What do I do about the growing number of spam accounts on my pod lately? 🤔 Seems like I’m getting one per day, and I keep shadow banning them because they only post total spam crap that risks littering up the Pod’s Timeline (Discover) with useless junk 🤦‍♂️

Disable Registrations for a few days? 🤔

@prologic Do you see any regularity in the origins of the registrations? You might be able to ban a few IP ranges at the server level for awhile until it calms down. I’ve done that on the VPS I manage.

@prologic Yeah, they hit my pod too; not really sure what to do about it, tbh. :/

@prologic You may already do all this stuff, but here’s my 2 cents.

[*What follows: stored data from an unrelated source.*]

//! What is said of a block, and the array that logs encode.

ghost use Rattle.std.specs.Prelude.{◌≡◌, ◌↔◌, ◌≤◌, ◌<◌, ◌∷◌, ℕ, [], length, slice_index_or, IfOk, IfSome, IsSome};
ghost use Rattle.std.specs.List.{AllByRecursion};
ghost use Rattle.std.specs.Option.{option_map};
ghost use Rattle.zone_states.specs.Geometry.{IsInRange};
ghost use Rattle.batch_log.specs.Log.{one_unless};
ghost use Rattle.yardsticks.specs.Batches.{batch_of, held_blocks};
ghost use Rattle.drive_array.specs.Records.{batch_records, entry_content, log_records, newest, record_of, records};
ghost use Rattle.drive_array.specs.Sizes.{array_of};
ghost use Rattle.drive_array.specs.ZoneLogs.{HasLog, log_at, encoded_array};
ghost use Rattle.yardsticks.specs.Zones.{HasWholeBlocks, heard, image_contents, later, held_log};
ghost use Rattle.yardsticks.specs.Zones.{logs_but, held_logs, saying, saying_of, said_block};

use crate::batches::Batch;
use crate::logs::{ZoneImage, zone_logs};
use crate::sizes::{encoded_size, log_but};
use batch_log::Entry;
use std::alloc::{AllocError, Global};
use zone_states::Geometry;

/// What a record says of its block: its data, or none of a trim; with its sequence and its zone.
#[derive(Clone, Copy)]
pub(crate) struct Said<'a> {
    sequence: u64,
    pub zone: usize,
    pub content: Option<&'a [u8]>,
}

/// The later of two; of two with one sequence the first.
fn later<'a>(found: Option<Said<'a>>, said: Said<'a>) -> Option<Said<'a>>
    ensures { option_map saying_of result
        ≡ later (option_map saying_of found.entry) (saying_of said.entry) }
{
    if let Some(first) = found {
        if said.sequence <= first.sequence {
            return found;
        }
    }
    Some(said)
}

/// The block of a body with this number.
fn body_block(body: &[Vec<u8>], number: usize) -> &[u8]
    ensures { result.now ≡ slice_index_or (held_blocks body.now) number [] }
{
    match body.get(number) {
        Some(block) => block,
        None => &[],
    }
}

/// What an entry of a batch in a zone says, with the number of its data block in the body.
fn said_by<'a>(zone: usize, batch: &'a Batch, entry: &Entry, number: usize) -> Said<'a>
    ensures { saying_of result ≡ record {
      sequence = batch.now.header.sequence;
      zone = zone;
      content = entry_content entry.now.trim (held_blocks batch.now.body.items) number;
    } }
{
    let sequence = batch.header.sequence;
    if entry.trim {
        return Said {
            sequence,
            zone,
            content: None,
        };
    }
    let content = Some(body_block(&batch.body, number));
    Said {
        sequence,
        zone,
        content,
    }
}

fn data_blocks(entry: &Entry) -> usize
    ensures count { result ≡ one_unless entry.now.trim }
    ensures few { result ≤ 1 }
{
    if entry.trim { 0 } else { 1 }
}

/// The latest that is said of a block, by what was found or by an entry, with the number of its data block.
fn heard_in_entry<'a>(
    found: Option<Said<'a>>,
    block: u64,
    zone: usize,
    batch: &'a Batch,
    numbered: (usize, &Entry),
) -> Option<Said<'a>>
    ensures { let sequence = batch.now.header.sequence in
        let body = held_blocks batch.now.body.items in
        (header : ℕ) → option_map saying_of result ≡ heard block (option_map saying_of found.entry)
        (record_of sequence body zone header numbered.entry.0 numbered.entry.1.now ∷ []) }
{
    let (number, entry) = numbered;
    if entry.block != block {
        return found;
    }
    later(found, said_by(zone, batch, entry, number))
}

/// The latest that is said of a block, by what was found or by a batch.
fn heard_in_batch<'a>(
    found: Option<Said<'a>>,
    block: u64,
    zone: usize,
    batch: &'a Batch,
) -> Option<Said<'a>>
    ensures { (header : ℕ) → option_map saying_of result
        ≡ heard block (option_map saying_of found.entry)
        (batch_records zone header (batch_of batch.now)) }
{
    let mut latest = found;
    let mut number = 0;
    for entry in &batch.header.entries {
        latest = heard_in_entry(latest, block, zone, batch, (number, entry));
        number += data_blocks(entry);
    }
    latest
}

/// The latest that is said of a block, by what was found or by a log.
fn heard_in_log<'a>(
    found: Option<Said<'a>>,
    block: u64,
    zone: usize,
    log: &'a [Batch],
) -> Option<Said<'a>>
    ensures { option_map saying_of result
        ≡ heard block (option_map saying_of found.entry) (log_records zone 0 (held_log log.now)) }
{
    let mut latest = found;
    for batch in log {
        latest = heard_in_batch(latest, block, zone, batch);
    }
    latest
}

/// What the newest record of a block says, where the records of one zone may be left out.
pub(crate) fn newest<'a>(
    logs: &'a [Vec<Batch>],
    left_out: Option<usize>,
    block: u64,
) -> Option<Said<'a>>
    ensures { let found = newest block (records 0 (logs_but left_out (held_logs logs.now))) in
        option_map saying_of result ≡ option_map saying found }
{
    let mut latest = None;
    for zone in 0..logs.len() {
        latest = heard_in_log(latest, block, zone, log_but(logs, left_out, zone));
    }
    latest
}

/// The data of a block of which this is said.
fn shown(alloc: Global, said: Option<Said>, block_bytes: usize) -> Result<Vec<u8>, AllocError>
    ensures { let says = option_map saying_of said.entry in
        IfOk result (λ bytes. bytes.items ≡ said_block block_bytes says) }
{
    if let Some(said) = said {
        if let Some(content) = said.content {
            return Vec::from_slice(alloc, content);
        }
    }
    vec![in alloc; 0; block_bytes]
}

/// The array that the logs encode, where the batches of one zone may be left out; it has n blocks where
/// no header has a size.
pub(crate) fn array(
    alloc: Global,
    block_bytes: usize,
    n: u32,
    logs: &[Vec<Batch>],
    left_out: Option<usize>,
) -> Result<Vec<Vec<u8>>, AllocError>
    ensures { let kept = logs_but left_out (held_logs logs.now) in
        IfOk result (λ blocks. held_blocks blocks.items ≡ array_of block_bytes n kept) }
{
    let mut blocks = Vec::new(alloc);
    for block in 0..encoded_size(n, logs, left_out) {
        let said = newest(logs, left_out, block as u64);
        blocks.push(shown(alloc, said, block_bytes)?)?;
    }
    Ok(blocks)
}

/// The array that the zones encode, or none if some zone has no log. It has `n` blocks if no header
/// has a size, and else as many as the greatest size. The geometry is one that `check` admits, and each
/// block has its number of bytes.
pub fn encoded_array(
    alloc: Global,
    geometry: &Geometry,
    zones: &[ZoneImage],
    n: u32,
) -> Result<Option<Vec<Vec<u8>>>, AllocError>
    requires geometry { IsInRange geometry.now }
    requires whole { AllByRecursion (HasWholeBlocks geometry.now.block) zones.now }
    ensures some { let array = encoded_array geometry.now (image_contents zones.now) n in
        IfOk result (λ found. IfSome found (λ blocks. held_blocks blocks.items ≡ array)) }
    ensures logs { let contents = image_contents zones.now in
        IfOk result (λ found. IsSome found ↔ AllByRecursion (HasLog geometry.now) contents) }
{
    let Some(drive) = zone_logs(alloc, geometry, zones)? else {
        return Ok(None);
    };
    let block_bytes = geometry.block as usize;
    Ok(Some(array(alloc, block_bytes, n, &drive.logs, None)?))
}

One thing you can do is a use a site like https://myip.ms/browse/blacklist/Blacklist_IP_Blacklist_IP_Addresses_Live_Database_Real-time to download a list of blacllisted IP address in a format suitable for whichever firewall you’re using. Then you can hard ban those IPs.

Another thing you can use is install fail2ban and set up rules appropriate to yarnd. I’m not familiar enough to say what those should be, but blocking http POST floods is a good idea. You can also manually add IP addresses to fail2ban jails, or semi-automate that where you read the IPs you want to ban from a list that you update regularly.

Finally, you could use something like akismet to automatically detect spam posts and block ones that fail their test. I’m not sure if you’re able to self host if you’re dependent on a call to their servers. Maybe there’s something similar that you could host locally if nto.

Not sure if this helps in any way, but I had problems with this when I ran gnusocial, i then disabled http 1.0 or 1.1 in apache, that stopped 99.9% of them.